» **WHAT THIS TASK INVOLVES**
Below are entries to examine: work out how many lines contain the word "sort", and give only that number.

» **Items from a dataset**
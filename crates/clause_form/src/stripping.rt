ghost use Rattle.std.specs.Prelude.{◌≡◌, IfOk, map};
ghost use Rattle.clause_form.specs.Strip.{strip_of};

use fof_terms::{Form, copy_terms};
use std::alloc::Global;
use tptp_base::{Boxed, List, Memory};

/// The formula with every Ex turned into All.
#[cycle(strip)]
#[tactic(auto, using(crate::proofs::StripFacts::strip_of_equations))]
pub fn strip(alloc: Global, form: &Form) -> Result<Form, Memory>
    ensures { IfOk result (λ made. made ≡ strip_of form.now) }
{
    match form {
        Form::Atom(symbol, args) => Ok(Form::Atom(*symbol, copy_terms(alloc, args.as_slice())?)),
        Form::Eq(left, right) => Ok(Form::Eq(left.copy(alloc)?, right.copy(alloc)?)),
        Form::Not(body) => Ok(Form::Not(strip_box(alloc, body.get())?)),
        Form::And(members) => Ok(Form::And(strip_all(alloc, members.as_slice())?)),
        Form::Or(members) => Ok(Form::Or(strip_all(alloc, members.as_slice())?)),
        Form::Imp(left, right) => Ok(Form::Imp(
            strip_box(alloc, left.get())?,
            strip_box(alloc, right.get())?,
        )),
        Form::Iff(left, right) => Ok(Form::Iff(
            strip_box(alloc, left.get())?,
            strip_box(alloc, right.get())?,
        )),
        Form::All(sort, body) | Form::Ex(sort, body) => {
            Ok(Form::All(*sort, strip_box(alloc, body.get())?))
        }
    }
}

#[cycle(strip)]
fn strip_box(alloc: Global, form: &Form) -> Result<Boxed<Form>, Memory>
    ensures { IfOk result (λ made. made ≡ strip_of form.now) }
{
    Ok(Boxed::new(alloc, strip(alloc, form)?)?)
}

#[cycle(strip)]
fn strip_all(alloc: Global, forms: &[Form]) -> Result<List<Form>, Memory>
    ensures { IfOk result (λ made. made ≡ map strip_of forms.now) }
{
    let mut made = List::new(alloc);
    for form in forms {
        made.push(strip(alloc, form)?)?;
    }
    Ok(made)
}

» **OUTPUT OF THE TASK**
2